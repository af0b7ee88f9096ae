//! From a module's bytes to the bytes of a module in which no two imports share a module and a name.

ghost use Rattle.std.specs.Prelude.{◌≡◌, ◌≢◌, [], IfOk, IfErr, IfSome, IsNone, Ok, None};
ghost use Rattle.std.specs.Cow.{cow_slice_items};
ghost use Rattle.wc_read.specs.Sections.{IsComponent};
ghost use Rattle.wc_dedupe.specs.Dedupe.{IsDeduped, IsDedupeCause, IsDedupePlace, renames_in};
ghost use Rattle.wc_dedupe.specs.ParsedSections.{imports_of, parsed_values};
ghost use Rattle.wc_dedupe.specs.Renaming.{originals, IsRenaming};

use crate::fault::DedupeFault;
use crate::parsed_sections::{ParsedSection, import_names, parse_module, write_sections};
use crate::renaming::{ModuleImportMap, Renaming, rename_all};
use std::alloc::{AllocError, Global};
use std::borrow::CowSlice;
use wc_read::{ReadFault, ReadPlace, imports_place};
use wc_texts::Refused;

impl ModuleImportMap {
    /// Renames the imports of a module so that no two share a module and a name.
    ///
    /// Names are settled from the first import to the last. An import keeps its name where no earlier import of
    /// its module has that name by then. Else its name becomes the original name and ` [v`, a number and `]`
    /// after it: the least number from 2 whose name no earlier import of its module has by then. Three imports
    /// `a.f` become `a.f`, `a.f [v2]` and `a.f [v3]`.
    ///
    /// - For a component the answer is always `Ok`, with the same bytes and `None`.
    /// - Where no import repeats, the bytes are the same, borrowed ones borrowed, and the map is `None`.
    /// - Else the import sections (WebAssembly core specification, 5.5.5) are written with the new names, and all
    ///   other sections (5.5.2) have the same contents, in the same order. Numbers in import sections and the
    ///   sizes of sections are minimal LEB128. The map has at least one rename.
    ///
    /// Only the cut into sections, and the import sections, are checked.
    ///
    /// # Errors
    ///
    /// - `Read`: the bytes are no component, and can't be cut into sections or have a malformed import section.
    ///   It carries the reader's fault, never `Memory` or `Component`.
    /// - `TooLarge`: an import repeats, and a section of the renamed module has a content of 2^32 bytes or more.
    /// - `Memory`: an allocation failed.
    ///
    /// `wasm` is dropped on an error.
    pub fn new<'a>(
        alloc: Global,
        wasm: CowSlice<'a, u8>,
    ) -> Result<(CowSlice<'a, u8>, Option<ModuleImportMap>), DedupeFault>
        ensures dedupe { IfOk result (λ r. IsDeduped
            (cow_slice_items wasm.entry) (cow_slice_items r.0) (renames_in r.1)) }
        ensures borrowed { IfOk result (λ r. IsNone r.1 → r.0 ≡ wasm.entry) }
        ensures some { IfOk result (λ r. IfSome r.1 (λ map. map ≢ [])) }
        ensures component { IsComponent (cow_slice_items wasm.entry)
            → result ≡ Ok (wasm.entry, None) }
        ensures refused { IfErr result (IsDedupeCause (cow_slice_items wasm.entry)) }
    {
        match dedupe(alloc, wasm.as_slice())? {
            Some((bytes, map)) => Ok((CowSlice::Owned(bytes), Some(map))),
            None => Ok((wasm, None)),
        }
    }

    /// Renames imports as `new` does, and says where bytes that can't be read stop to be right.
    ///
    /// # Errors
    ///
    /// Those of `new`. A `Read` has a place, and no other fault has one. `Memory` comes too where there is no memory to
    /// find it.
    ///
    /// `wasm` is dropped on an error.
    pub fn new_explained<'a>(
        alloc: Global,
        wasm: CowSlice<'a, u8>,
    ) -> Result<(CowSlice<'a, u8>, Option<ModuleImportMap>), Refused<DedupeFault, ReadPlace>>
        ensures dedupe { IfOk result (λ r. IsDeduped
            (cow_slice_items wasm.entry) (cow_slice_items r.0) (renames_in r.1)) }
        ensures borrowed { IfOk result (λ r. IsNone r.1 → r.0 ≡ wasm.entry) }
        ensures some { IfOk result (λ r. IfSome r.1 (λ map. map ≢ [])) }
        ensures component { IsComponent (cow_slice_items wasm.entry)
            → result ≡ Ok (wasm.entry, None) }
        ensures refused { IfErr result (λ r. IsDedupeCause (cow_slice_items wasm.entry) r.fault) }
        // The place is within the bytes, and in the section that it names.
        ensures place { IfErr result (λ r.
            IsDedupePlace (cow_slice_items wasm.entry) r.fault r.place) }
    {
        match dedupe(alloc, wasm.as_slice()) {
            Ok(Some((renamed, map))) => Ok((CowSlice::Owned(renamed), Some(map))),
            Ok(None) => Ok((wasm, None)),
            Err(fault) => Err(explained(alloc, wasm.as_slice(), fault)),
        }
    }
}

/// A fault of dedupe, and its place.
fn explained(alloc: Global, bytes: &[u8], fault: DedupeFault) -> Refused<DedupeFault, ReadPlace>
    requires { IsDedupeCause bytes.now fault }
    ensures cause { IsDedupeCause bytes.now result.fault }
    ensures place { IsDedupePlace bytes.now result.fault result.place }
{
    match fault {
        DedupeFault::Read(read) => match imports_place(alloc, bytes, read) {
            Ok(place) => Refused {
                fault,
                place: Some(place),
            },
            Err(_) => Refused::without_place(DedupeFault::Memory),
        },
        _ => Refused::without_place(fault),
    }
}

/// The renamed module and its renames, `None` where the bytes stay the same.
fn dedupe(alloc: Global, bytes: &[u8]) -> Result<Option<(Vec<u8>, ModuleImportMap)>, DedupeFault>
    ensures renamed { IfOk result (λ o. IfSome o (λ r.
        (r.1 ≢ []) × IsDeduped bytes.now r.0.items r.1)) }
    ensures same { IfOk result (λ o. IsNone o → IsDeduped bytes.now bytes.now []) }
    ensures component { IsComponent bytes.now → result ≡ Ok None }
    ensures refused { IfErr result (IsDedupeCause bytes.now) }
{
    let parts = match parse_module(alloc, bytes) {
        Ok(parts) => parts,
        Err(fault) => match fault {
            ReadFault::Component => return Ok(None),
            _ => return Err(DedupeFault::from(fault)),
        },
    };
    let renaming = renaming_of(alloc, &parts)?;
    let renames = renaming.map.renames();
    if renames.is_empty() {
        return Ok(None);
    }
    let written = write_sections(alloc, bytes.len(), &parts, &renaming.indices, renames)?;
    Ok(Some((written, renaming.map)))
}

/// The renaming of the imports of all import sections.
fn renaming_of(alloc: Global, parts: &[ParsedSection<'_>]) -> Result<Renaming, AllocError>
    ensures { IfOk result (λ r. IsRenaming
        (originals (imports_of (parsed_values parts.now))) r.indices.items r.map) }
{
    let names = import_names(alloc, parts)?;
    rename_all(alloc, &names)
}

◇ ◇ ◇ ◇

Problem
Look for the word "ghost" in every line of the listing and copy the lines that have it.

The completed task
ghost use Rattle.std.specs.Prelude.{◌≡◌, ◌≢◌, [], IfOk, IfErr, IfSome, IsNone, Ok, None};
ghost use Rattle.std.specs.Cow.{cow_slice_items};
ghost use Rattle.wc_read.specs.Sections.{IsComponent};
ghost use Rattle.wc_dedupe.specs.Dedupe.{IsDeduped, IsDedupeCause, IsDedupePlace, renames_in};
ghost use Rattle.wc_dedupe.specs.ParsedSections.{imports_of, parsed_values};
ghost use Rattle.wc_dedupe.specs.Renaming.{originals, IsRenaming};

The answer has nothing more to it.